The Clippers would love Lowry as an option to replace Chris Paul if he chooses to leave, but they unfortunately don’t have the cap space unless Blake Griffin also departs. At that point, why would Lowry go there? (A sign-and-trade is possible, but that would probably only work if Paul wanted to go to Toronto.)
The Jazz or the Pelicans could possibly interest Lowry, too, though probably not as much as the other options. Do any of those options jive with Lowry’s stated goal this summer?
"A ring. Nothing else. I just want s ring." - Lowry on free agent priorities— Blake Murphy (@BlakeMurphyODC) May 8, 2017
That’s a decision he’ll have to figure out.

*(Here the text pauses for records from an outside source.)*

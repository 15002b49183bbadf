//! What holds of each search that takes the boxes of a pool in breadth-first order, over any rules: what a turn keeps,
//! that it leaves less to do, where a search stops, and how deep the box lies at which it stops.
#![tactic(auto)]

mod laws;

pub use laws::{
    Search, first_left_stays, search_begins, searches_stop, stopped_boxes_are_deep,
    turns_keep_order, turns_shrink,
};
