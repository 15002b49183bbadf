// What holds of each search in breadth-first order, on functions that do nothing.
ghost use Rattle.search_order.specs.Searches.{SearchRules};
ghost use Rattle.search_order.specs.Laws.{SearchBegins, TurnsKeep, TurnsShrink, FirstQuitStays, FullStops, StopsDeep};

/// What a search asks of boxes, which only proofs know.
pub trait Search {
    ghost search: { SearchRules };
}

/// A new pool of the root's box alone is one that the search has worked in order.
pub fn search_begins<S: Search>()
    ensures { SearchBegins S.search }
{}

/// Where the first waiting box is given back with work that holds at it and is known, the pool is still worked in order.
pub fn turns_keep_order<S: Search>()
    ensures { TurnsKeep S.search }
{}

/// Each turn leaves less to do, and needs no more numbers than were kept free for the budget.
pub fn turns_shrink<S: Search>()
    ensures { TurnsShrink S.search }
{}

/// The first box in breadth-first order that was left open for good is the first that the search left so.
pub fn first_left_stays<S: Search>()
    ensures { FirstQuitStays S.search }
{}

/// Where the budget is spent at a box that would be split, the search stops there: all before it is known, and all
/// behind it is untouched.
pub fn searches_stop<S: Search>()
    ensures { FullStops S.search }
{}

/// The box at which a search stops for want of budget is deeper than each depth down to which the budget pays for all
/// boxes that there can be.
pub fn stopped_boxes_are_deep<S: Search>()
    ensures { StopsDeep S.search }
{}
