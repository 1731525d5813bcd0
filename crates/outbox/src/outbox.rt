//! The outbox of a face.

ghost use Rattle.std.specs.Prelude.{◌≡◌, ◌≤◌, ◌↔◌, [], length, IsTrue};
ghost use Rattle.outbox.specs.FaceTime.{growth};
ghost use Rattle.outbox.specs.Outbox.{Puts, after_reading, after_refusing, after_sending, contact_of};
ghost use Rattle.outbox.specs.Outbox.{next_of, octets_in, rate_now, starts};

use crate::pace;
use crate::reading::Reading;
use crate::schedule::Schedule;
use endpoint::Octets;
use std::alloc::{AllocError, Global};
use std::collections::VecDeque;
use std::marker::Model;

/// The datagrams that a face has to send.
///
/// A contract sees an outbox as its schedule and limit, the datagrams that wait, how many were
/// dropped, its debt and the last reading of the clocks. The *debt* is what was sent ahead of the
/// pace: 1,000 for each octet that goes, less the rate for each millisecond that passes.
#[derive(Debug, Drop)]
pub struct Outbox {
    schedule: Schedule,
    limit: u64,
    waiting: VecDeque<Octets>,
    octets: u64,
    dropped: u64,
    debt: u128,
    reading: Option<Reading>,
    contact: Option<usize>,
    rate: Option<u64>,
}

impl Model for Outbox {
    ghost use Rattle.outbox.specs.Outbox.{OutboxValue};
    ghost use Rattle.outbox.specs.Kept.{IsKept};

    ghost Value = { OutboxValue };

    ghost view = { λ b. record {
      schedule = b.schedule;
      limit = b.limit;
      waiting = b.waiting.items;
      dropped = b.dropped;
      debt = b.debt;
      reading = b.reading;
    } };

    ghost invariant = { λ b. IsKept record {
      schedule = b.schedule;
      limit = b.limit;
      waiting = b.waiting.items;
      dropped = b.dropped;
      debt = b.debt;
      reading = b.reading;
    } b.octets b.contact b.rate };
}

impl Outbox {
    /// An outbox in which nothing waits, of at most so many octets, before the first reading. It
    /// takes no memory.
    pub fn new(alloc: Global, schedule: Schedule, limit: u64) -> Outbox
        ensures { result ≡ starts schedule limit }
    {
        Outbox {
            schedule,
            limit,
            waiting: VecDeque::new(alloc),
            octets: 0,
            dropped: 0,
            debt: 0,
            reading: None,
            contact: None,
            rate: None,
        }
    }

    /// The clocks are read: what goes next goes at this reading. It takes no memory.
    pub fn read(&mut self, reading: Reading)
        ensures { self.new ≡ after_reading self.old reading }
    {
        let contact = self.schedule.contact(reading.wall);
        let rate = self.schedule.rate(contact);
        let passed = pace::since(self.reading, reading);
        self.debt = pace::debt_at(self.contact, contact, rate, self.debt, passed);
        self.reading = Some(reading);
        self.contact = contact;
        self.rate = rate;
    }

    /// Puts a datagram at the end, or drops and counts it where more octets than the limit would
    /// wait; tells whether it was kept. Only one that is kept may want memory; where there is none
    /// it is lost, and the outbox is as it was.
    pub fn put(&mut self, datagram: Octets) -> Result<bool, AllocError>
        ensures { Puts self.old self.new datagram result }
    {
        let octets = datagram.len() as u64;
        if octets > self.limit - self.octets {
            self.dropped = self.dropped.saturating_add(1);
            return Ok(false);
        }
        self.waiting.push_back(datagram)?;
        self.octets += octets;
        Ok(true)
    }

    /// Drops and counts a datagram that isn't put, since others keep the room that it would take. It
    /// takes no memory.
    pub fn refuse(&mut self)
        ensures { self.new ≡ after_refusing self.old }
    {
        self.dropped = self.dropped.saturating_add(1);
    }

    /// Whether no datagram waits.
    pub fn is_empty(&self) -> bool
        ensures { IsTrue result ↔ ((self.now).waiting ≡ []) }
    {
        self.waiting.is_empty()
    }

    /// How many datagrams wait.
    pub fn len(&self) -> usize
        ensures { result ≡ length (self.now).waiting }
    {
        self.waiting.len()
    }

    /// How many octets wait: at most as many as the limit.
    pub fn octets(&self) -> u64
        ensures octets { result ≡ octets_in (self.now).waiting }
        ensures within { result ≤ (self.now).limit }
    {
        self.octets
    }

    /// How many datagrams were dropped, up to 2^64 - 1.
    pub fn dropped(&self) -> u64
        ensures { result ≡ (self.now).dropped }
    {
        self.dropped
    }

    /// The contact that the last reading lies in, by its index; `None` while the link is closed,
    /// and before the first reading.
    pub fn contact(&self) -> Option<usize>
        ensures { result ≡ contact_of self.now }
    {
        self.contact
    }

    /// The rate at the last reading, in octets a second.
    pub fn rate(&self) -> Option<u64>
        ensures { result ≡ rate_now self.now }
    {
        self.rate
    }

    /// When the link is open, and how many octets a second it takes.
    pub fn schedule(&self) -> &Schedule
        ensures { result.now ≡ (self.now).schedule }
    {
        &self.schedule
    }

    /// By how much the face's time goes on from one reading to the next: not at all while a
    /// datagram waits.
    pub(crate) fn growth(&self, before: Reading, now: Reading) -> u64
        ensures { result ≡ growth (self.now).waiting ((self.now).schedule).windows before now }
    {
        if self.waiting.is_empty() {
            self.schedule.open_time(before, now)
        } else {
            0
        }
    }

    /// Takes out the first datagram, where the link is open and the pace lets it go. It counts for
    /// the pace however its sending ends. It takes no memory.
    pub fn next(&mut self) -> Option<Octets>
        ensures next { result ≡ next_of self.old }
        ensures after { self.new ≡ after_sending self.old }
    {
        if self.contact.is_none() || !pace::is_paced(self.rate, self.debt) {
            return None;
        }
        let datagram = self.waiting.pop_front()?;
        self.octets -= datagram.len() as u64;
        self.debt = pace::owed(self.rate, self.debt, datagram.len());
        Some(datagram)
    }
}
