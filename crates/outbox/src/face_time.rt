//! The time of a face.

ghost use Rattle.std.specs.Prelude.{◌≡◌, ◌<◌, ◌^◌, None, Some};
ghost use Rattle.outbox.specs.FaceTime.{face_at, moment_at, gone_on, last_moment};

use crate::outbox::Outbox;
use crate::reading::Reading;
use std::marker::Model;

/// The last moment that a clock shows.
const LAST_MOMENT: u64 = (1 << 62) - 1;

/// The moment of a face, on which its timers run.
///
/// It begins at the wall clock's. It stands still while the face's link is closed, and while
/// datagrams wait in its outbox; else it goes on with the monotonic clock, however the wall clock
/// is set. A contract sees it as the moment and the reading at which it was told, or as none before
/// the first one.
#[derive(Debug, Drop)]
pub struct FaceTime {
    told: Option<Told>,
}

/// A moment, and the reading at which it was told.
#[derive(Clone, Copy, Debug)]
struct Told {
    moment: u64,
    reading: Reading,
}

impl Model for FaceTime {
    ghost use Rattle.std.specs.Prelude.{Option};
    ghost use Rattle.outbox.specs.FaceTime.{FaceMoment};
    ghost use Rattle.outbox.specs.Kept.{IsClockMoment, told_of};

    ghost Value = { Option FaceMoment };

    ghost view = { λ t. told_of t.told };

    ghost invariant = { λ t. IsClockMoment (told_of t.told) };
}

impl FaceTime {
    /// The time of a face before the first reading.
    pub fn new() -> FaceTime
        ensures { result ≡ None }
    {
        FaceTime { told: None }
    }

    /// The face's moment at a reading of the clocks, below 2^62. It is asked at each reading,
    /// before anything more is put into the outbox or taken out of it. It takes no memory.
    pub fn read(&mut self, outbox: &Outbox, reading: Reading) -> u64
        requires { reading.wall < 2 ^ 62 }
        ensures moment { result ≡ moment_at outbox.now self.old reading }
        ensures after { self.new ≡ Some (face_at outbox.now self.old reading) }
        ensures small { result < 2 ^ 62 }
    {
        let moment = match self.told {
            Some(told) => gone_on(told.moment, outbox.growth(told.reading, reading)),
            None => reading.wall,
        };
        self.told = Some(Told { moment, reading });
        moment
    }
}

/// A moment that goes on by so much, but not past the last one.
fn gone_on(moment: u64, time: u64) -> u64
    requires { moment < 2 ^ 62 }
    ensures gone { result ≡ gone_on moment time }
    ensures small { result < 2 ^ 62 }
{
    moment + time.min(LAST_MOMENT - moment)
}
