//! When the link of a face is open, and how many octets a second it takes.

ghost use Rattle.std.specs.Prelude.{◌≡◌, [], Some};
ghost use Rattle.contact_plan.specs.Windows.{next_from};
ghost use Rattle.outbox.specs.FaceTime.{open_time};
ghost use Rattle.outbox.specs.Schedule.{contact_at, contact_in, rate_of};

use crate::reading::Reading;
use contact_plan::Plan;
use std::alloc::Global;
use std::marker::Model;

/// The contacts of a face's link, and the rates in them.
///
/// A contract sees a schedule as a record of its windows, their own rates and the rate of all
/// others. A rate is in octets a second.
#[derive(Debug, Drop)]
pub struct Schedule {
    plan: Plan,
    rates: Vec<Option<u64>>,
    rate: Option<u64>,
}

impl Model for Schedule {
    ghost use Rattle.outbox.specs.Schedule.{ScheduleValue};

    ghost Value = { ScheduleValue };

    ghost view = { λ s. record { windows = s.plan; rates = s.rates.items; rate = s.rate } };
}

impl Schedule {
    /// A link that is always open. It takes no memory.
    pub fn always(alloc: Global, rate: Option<u64>) -> Schedule
        ensures { result ≡ record { windows = []; rates = []; rate = rate } }
    {
        Schedule {
            plan: Plan::empty(alloc),
            rates: Vec::new(alloc),
            rate,
        }
    }

    /// A link that is open in the windows of a plan; one without windows is always open. `rates`
    /// has for each of them, in order, its own rate where it has one; `rate` is that of all others.
    /// It takes no memory.
    pub fn new(plan: Plan, rates: Vec<Option<u64>>, rate: Option<u64>) -> Schedule
        ensures { result ≡ record { windows = plan; rates = rates.items; rate = rate } }
    {
        Schedule { plan, rates, rate }
    }

    /// The index of the contact that a moment lies in, 0 where there are none; `None` while the
    /// link is closed. It takes no memory.
    pub fn contact(&self, moment: u64) -> Option<usize>
        ensures { result ≡ contact_at self.now moment }
    {
        contact_in(&self.plan, moment)
    }

    /// The rate in a contact: its own, else the face's. It takes no memory.
    pub fn rate(&self, contact: Option<usize>) -> Option<u64>
        ensures { result ≡ rate_of self.now contact }
    {
        match contact {
            Some(index) => self.rate_in(index),
            None => None,
        }
    }

    /// The rate in the contact of an index.
    fn rate_in(&self, index: usize) -> Option<u64>
        ensures { result ≡ rate_of self.now (Some index) }
    {
        match self.rates.get(index) {
            Some(Some(own)) => Some(*own),
            _ => self.rate,
        }
    }

    /// The next moment after this one at which a contact begins. It takes no memory.
    pub fn next(&self, moment: u64) -> Option<u64>
        ensures { result ≡ next_from (self.now).windows moment }
    {
        self.plan.next(moment)
    }

    /// For how many milliseconds the link was open between two readings.
    pub(crate) fn open_time(&self, before: Reading, now: Reading) -> u64
        ensures { result ≡ open_time (self.now).windows before now }
    {
        open_time(&self.plan, before, now)
    }
}

/// The contact that a moment lies in.
fn contact_in(plan: &Plan, moment: u64) -> Option<usize>
    ensures { result ≡ contact_in plan.now moment }
{
    if plan.is_empty() {
        Some(0)
    } else {
        plan.at(moment)
    }
}

/// The milliseconds between two readings, those of the contacts alone where there are some.
fn open_time(plan: &Plan, before: Reading, now: Reading) -> u64
    ensures { result ≡ open_time plan.now before now }
{
    let passed = now.monotonic.saturating_sub(before.monotonic);
    if plan.is_empty() {
        passed
    } else {
        let open = plan
            .elapsed(now.wall)
            .saturating_sub(plan.elapsed(before.wall));
        passed.min(open)
    }
}
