//! What a face of a gateway has to send: when each datagram goes, and how the face's own time
//! passes meanwhile.
//!
//! An [`Outbox`] keeps the datagrams that wait, in order, up to a limit of octets. It is told each
//! [`Reading`] of the clocks ([`Outbox::read`]), is given datagrams ([`Outbox::put`]), and is asked
//! for the next one ([`Outbox::next`]) until it has none that may go now. One goes only while the
//! link is open by the face's [`Schedule`], and at a pace. A [`FaceTime`] is the face's moment: it
//! stands still while the link is closed, and while datagrams wait.
//!
//! A reading has two clocks. The wall clock, which may be set either way, says which contact a
//! moment lies in. The monotonic clock, which never falls, says how much time has passed, for the
//! pace and for the face's moment.
//!
//! Nothing here knows a link or an engine. What holds over every run is in [`laws`].
#![tactic(auto)]

mod face_time;
pub mod laws;
mod outbox;
mod pace;
mod reading;
mod schedule;

pub use face_time::FaceTime;
pub use outbox::Outbox;
pub use reading::Reading;
pub use schedule::Schedule;
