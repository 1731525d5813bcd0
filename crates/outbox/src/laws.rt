//! What a face sends, and how its time goes, over every run of readings, puts and sends. Each law
//! is the contract of a function that does nothing.

ghost use Rattle.outbox.specs.Laws.{GoesOutInContact, GoesOutInOrder, KeepsPace, TimeGoesOn};
ghost use Rattle.outbox.specs.Laws.{TimeStays};

/// What went out, and after it what still waits, is what was put and not dropped: each goes out
/// once, in order.
pub fn goes_out_in_order()
    ensures { GoesOutInOrder }
{}

/// Each goes out at a reading at which the link is open.
pub fn goes_out_in_contact()
    ensures { GoesOutInContact }
{}

/// While all readings lie in one contact that has a rate, no more octets go out than the rate
/// carries in the time and 10 milliseconds more, but for those of the longest datagram.
pub fn keeps_pace()
    ensures { KeepsPace }
{}

/// A face's moment never falls, and never grows faster than the monotonic clock.
pub fn time_goes_on()
    ensures { TimeGoesOn }
{}

/// It stays while the link is closed, and while datagrams wait.
pub fn time_stays()
    ensures { TimeStays }
{}
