//! One end of a link, told by lines.

ghost use Rattle.std.specs.Prelude.{◌≡◌, ◌≢◌, ◌<◌, ◌^◌, ◌⊎◌, ℕ, false, true, max, length, List, [], Ok, Err, IfOk, OnOk, OnErr, IfSome};
ghost use Rattle.std.specs.String.{string_bytes};
ghost use Rattle.command_frame.specs.Stops.{IsStop};
ghost use Rattle.command_frame.specs.Lines.{TurnsAs, passes};
ghost use Rattle.ltp_segment.specs.Reading.{segment_of};
ghost use Rattle.ltp_session.specs.Engine.{datagram_step, submits, submit_step, tick_step};
ghost use Rattle.ltp_engine.specs.Steps.{deadline_of, is_due_at};
ghost use Rattle.replay_script.specs.declared.event.NodeEvent.TheVariants as events;
ghost use Rattle.node_run.specs.Node.{NodeState, node_rules, node_party, begins, happens, answers, engine_does, at_moment, node_turn};
ghost use Rattle.node_run.specs.Shows.{ShowsNode, Did, Submitted, ran_out};
ghost use Rattle.node_run.specs.Wanted.{HasText, MayWant};

use crate::written_lines::{write_block, write_effects, write_refusal};
use command_frame::{LineStep, MOST_LINES, MOST_OCTETS};
use edge_traits::Status;
use ltp_engine::{Effects, Engine, SubmitRefused};
use ltp_segment::Policy;
use ltp_session::NO_MOMENT;
use replay_script::{LineFault, NodeEvent, read_node_line};
use std::alloc::{AllocError, Global};

/// The number of an engine's first session.
const FIRST_SESSION: u64 = 1;

/// What `node` keeps from line to line: an engine, and a clock in ms that never goes back.
///
/// After want of memory each line is answered by that again.
#[derive(Debug, Drop)]
pub struct Node {
    alloc: Global,
    engine: Engine,
    now: u64,
    spent: bool,
    ghost whole: { spent ≡ false → engine.spent ≡ false },
    ghost moment: { now < 2 ^ 62 },
}

impl Node {
    /// The end with this number, whose peer has the other. No line came yet.
    pub fn new(alloc: Global, own: u64, peer: u64) -> Node
        requires { own ≢ peer }
        ensures { ⟦<Node as LineStep>⟧.Shows result (begins (node_party own peer)) }
    {
        Node {
            alloc,
            engine: Engine::new(alloc, own, peer, FIRST_SESSION, Policy::default()),
            now: 0,
            spent: false,
        }
    }

    /// Answers an event.
    fn happen(&mut self, event: NodeEvent, text: &mut String) -> Result<Option<Status>, AllocError>
        ensures stops { IfOk result (λ ends. IfSome ends IsStop) }
        ensures turn { (node : NodeState) → ShowsNode self.old.spent self.old.engine self.old.now node
            → IfOk result (TurnsAs (ShowsNode self.new.spent self.new.engine self.new.now) (happens node event)
            (string_bytes text.old) (string_bytes text.new)) }
        ensures memory { (node : NodeState) → ShowsNode self.old.spent self.old.engine self.old.now node
            → OnErr result (MayWant self.old.engine self.old.now event (happens node event)) }
    {
        match event {
            NodeEvent::In { datagram } => self.take(datagram.as_slice(), text),
            NodeEvent::Send { body } => self.send(body.as_slice(), text),
            NodeEvent::Clock { now } if now >= NO_MOMENT => Ok(Some(Status::Limit)),
            NodeEvent::Clock { now } => self.pass(now, text),
        }
    }

    /// A datagram comes.
    fn take(&mut self, datagram: &[u8], text: &mut String) -> Result<Option<Status>, AllocError>
        ensures stops { IfOk result (λ ends. IfSome ends IsStop) }
        ensures turn { (node : NodeState) → ShowsNode self.old.spent self.old.engine self.old.now node
            → IfOk result (TurnsAs (ShowsNode self.new.spent self.new.engine self.new.now)
            (answers node (engine_does node.party node.engine node.now (events.In datagram.now)))
            (string_bytes text.old) (string_bytes text.new)) }
    {
        let effects = self.arrive(datagram)?;
        write_effects(self.alloc, text, effects)?;
        Ok(None)
    }

    /// A block comes to be sent, all of it red.
    fn send(&mut self, block: &[u8], text: &mut String) -> Result<Option<Status>, AllocError>
        ensures stops { IfOk result (λ ends. IfSome ends IsStop) }
        ensures turn { (node : NodeState) → ShowsNode self.old.spent self.old.engine self.old.now node
            → IfOk result (TurnsAs (ShowsNode self.new.spent self.new.engine self.new.now)
            (answers node (engine_does node.party node.engine node.now (events.Send block.now)))
            (string_bytes text.old) (string_bytes text.new)) }
    {
        match self.submit(block) {
            Ok(effects) => write_effects(self.alloc, text, effects)?,
            Err(SubmitRefused::Memory) => return Err(AllocError),
            Err(refused) => write_block(self.alloc, text, refused)?,
        }
        Ok(None)
    }

    /// Time passes, up to this moment.
    fn pass(&mut self, moment: u64, text: &mut String) -> Result<Option<Status>, AllocError>
        requires { moment < 2 ^ 62 }
        ensures stops { IfOk result (λ ends. IfSome ends IsStop) }
        ensures turn { (node : NodeState) → ShowsNode self.old.spent self.old.engine self.old.now node
            → IfOk result (TurnsAs (ShowsNode self.new.spent self.new.engine self.new.now)
            (answers (at_moment node (max node.now moment))
            (engine_does node.party node.engine (max node.now moment) (events.Clock moment))) (string_bytes text.old) (string_bytes text.new)) }
        // Where no timer is due, and so nothing is to be written, no memory is wanted.
        ensures memory { (node : NodeState) → ShowsNode self.old.spent self.old.engine self.old.now node
            → OnErr result (HasText (answers (at_moment node (max node.now moment))
            (engine_does node.party node.engine (max node.now moment) (events.Clock moment)))
            ⊎ (is_due_at (max self.old.now moment) (deadline_of self.old.engine) ≡ true)) }
    {
        let effects = self.tick(moment)?;
        write_effects(self.alloc, text, effects)?;
        Ok(None)
    }

    /// The engine is told a datagram.
    fn arrive(&mut self, datagram: &[u8]) -> Result<Effects, AllocError>
        ensures { (node : NodeState) → ShowsNode self.old.spent self.old.engine self.old.now node
            → IfOk result (Did (ShowsNode self.new.spent self.new.engine self.new.now) node
            (datagram_step node.party node.engine (segment_of datagram.now) node.now)) }
    {
        if self.spent {
            return Err(AllocError);
        }
        self.spent = true;
        let effects = self.engine.arrive(datagram, self.now)?;
        self.spent = false;
        Ok(effects)
    }

    /// The engine is told a block, all of it red.
    fn submit(&mut self, block: &[u8]) -> Result<Effects, SubmitRefused>
        ensures { (node : NodeState) → ShowsNode self.old.spent self.old.engine self.old.now node
            → Submitted (ShowsNode self.new.spent self.new.engine self.new.now) node
            (submit_step node.party node.engine (submits node.party node.engine block.now (length block.now) node.now)) result }
    {
        if self.spent {
            return Err(SubmitRefused::Memory);
        }
        self.spent = true;
        let submitted = self.engine.submit(block, block.len() as u64, self.now);
        self.spent = ran_out(&submitted);
        submitted
    }

    /// The clock shows this moment, or stays where it would go back, and the engine is told.
    fn tick(&mut self, moment: u64) -> Result<Effects, AllocError>
        requires { moment < 2 ^ 62 }
        ensures done { (node : NodeState) → ShowsNode self.old.spent self.old.engine self.old.now node
            → IfOk result (Did (ShowsNode self.new.spent self.new.engine self.new.now) (at_moment node (max node.now moment))
            (tick_step node.party node.engine (max node.now moment))) }
        ensures wanted { self.old.spent ≡ false
            → OnErr result (is_due_at (max self.old.now moment) (deadline_of self.old.engine) ≡ true) }
    {
        if self.spent {
            return Err(AllocError);
        }
        self.spent = true;
        self.now = self.now.max(moment);
        let effects = self.engine.tick(self.now)?;
        self.spent = false;
        Ok(effects)
    }
}

/// Whether memory ran out while a block was submitted.
fn ran_out(submitted: &Result<Effects, SubmitRefused>) -> bool
    ensures { result ≡ ran_out submitted.now }
{
    matches!(submitted, Err(SubmitRefused::Memory))
}

impl LineStep for Node {
    ghost State = { NodeState };

    ghost Shows = { λ n. ShowsNode n.spent n.engine n.now };

    ghost rules = { node_rules };

    ghost Began = { λ n. ⊥ };

    fn most_lines(&self) -> u32 {
        MOST_LINES
    }

    fn most_octets(&self) -> u32 {
        MOST_OCTETS
    }

    #[tactic(auto, unfolding(crate::specs::Node::node_turn))]
    fn line(
        &mut self,
        number: u64,
        line: &[u8],
        text: &mut String,
    ) -> Result<Option<Status>, AllocError> {
        match read_node_line(self.alloc, line) {
            Ok(event) => self.happen(event, text),
            Err(LineFault::Memory) => Err(AllocError),
            Err(fault) => {
                write_refusal(self.alloc, text, number, fault)?;
                Ok(Some(Status::Refused))
            }
        }
    }

    fn finish(&mut self, _text: &mut String) -> Result<Status, AllocError> {
        Ok(Status::Done)
    }
}
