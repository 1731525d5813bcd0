//! The shortest spelling of a number.

ghost use Rattle.std.specs.Prelude.{◌≡◌, ℕ, ◌+◌, ◌^◌, ◌<◌, ◌≤◌, ◌++◌, length, drop, OnOk, OnErr};
ghost use Rattle.std.specs.Prelude.{vec_len, vec_capacity};
ghost use Rattle.sdnv.specs.Shortest.{spelling, IsShortest, ReadsBack};

use crate::MOST;
use std::alloc::AllocError;

/// Appends the shortest spelling of a number (RFC 5050, section 4.1). Memory is wanted only where
/// there is no room for it; where it runs out, all is as before.
pub fn write(value: u64, out: &mut Vec<u8>) -> Result<(), AllocError>
    ensures ok { OnOk result (out.new.items ≡ out.old.items ++ spelling value) }
    ensures err { OnErr result (out.new.items ≡ out.old.items) }
    // Memory is wanted only where there is no room.
    ensures full { OnErr result (vec_capacity out.old < vec_len out.old + length (spelling value)) }
    ensures capacity { vec_capacity out.old ≤ vec_capacity out.new }
{
    let (octets, at) = spell(value);
    out.extend_from_slice(&octets[at..])?;
    Ok(())
}

/// How many octets the shortest spelling of a number has. No memory is taken.
pub fn len(value: u64) -> usize
    ensures { result ≡ length (spelling value) }
{
    let mut octets = 1;
    let mut rest = value / 128;
    'counting: while rest > 0 {
        octets += 1;
        rest /= 128;
    }
    octets
}

/// What `write` appends spells its number, no other text does so in as few octets, and `read` gives
/// the number back, whatever follows.
pub fn spells_shortest()
    ensures shortest { (n : ℕ) → n < 2 ^ 64 → IsShortest (spelling n) n }
    ensures again { (n : ℕ) → n < 2 ^ 64 → ReadsBack (spelling n) n }
{}

/// The shortest spelling, at the end of ten octets, and where in them it begins.
fn spell(value: u64) -> ([u8; MOST], usize)
    ensures within { result.1 < 10 }
    ensures spelled { drop result.1 result.0 ≡ spelling value }
{
    let mut octets = [0; MOST];
    let mut at = MOST - 1;
    octets[at] = (value % 128) as u8;
    let mut rest = value / 128;
    'filling: while rest > 0 {
        at -= 1;
        octets[at] = (rest % 128) as u8 + 128;
        rest /= 128;
    }
    (octets, at)
}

Lowry’s one disadvantage is how many good point guards are on the market.
We can ignore Stephen Curry, who is a free agent but is a lock to re-sign in Golden State.
Behind him, there’s Paul, Lowry, George Hill, and Jrue Holiday, all versatile starting guards who can instantly improve whatever team they end up on. The second wave includes Jeff Teague, Derrick Rose, Rajon Rondo, and Patty Mills. Deron Williams is adequate, Ty Lawson was surprisingly good, and Milos Teodosic could be coming over. Plus, don’t forget how deep the coming draft is for point guards.
All this could serve to depreciate the market for Lowry’s services, especially since the max contract he probably seeks would be higher than everyone but Paul’s. If, for example, Paul is on the market, the Spurs would likely pursue him over Lowry.
A gambling man would still favor Toronto over everyone else.
A few rumors in May don’t a free agent departure make. Lowry’s best seasons have come in Toronto, and their team would likely be favored to win the Eastern Conference if they return in whole, given Cleveland’s lackadaisical approach to the regular season.
But in the playoffs, LeBron James will still be standing in his way. And if Lowry’s fed up with losing to him, could you blame him for changing sides?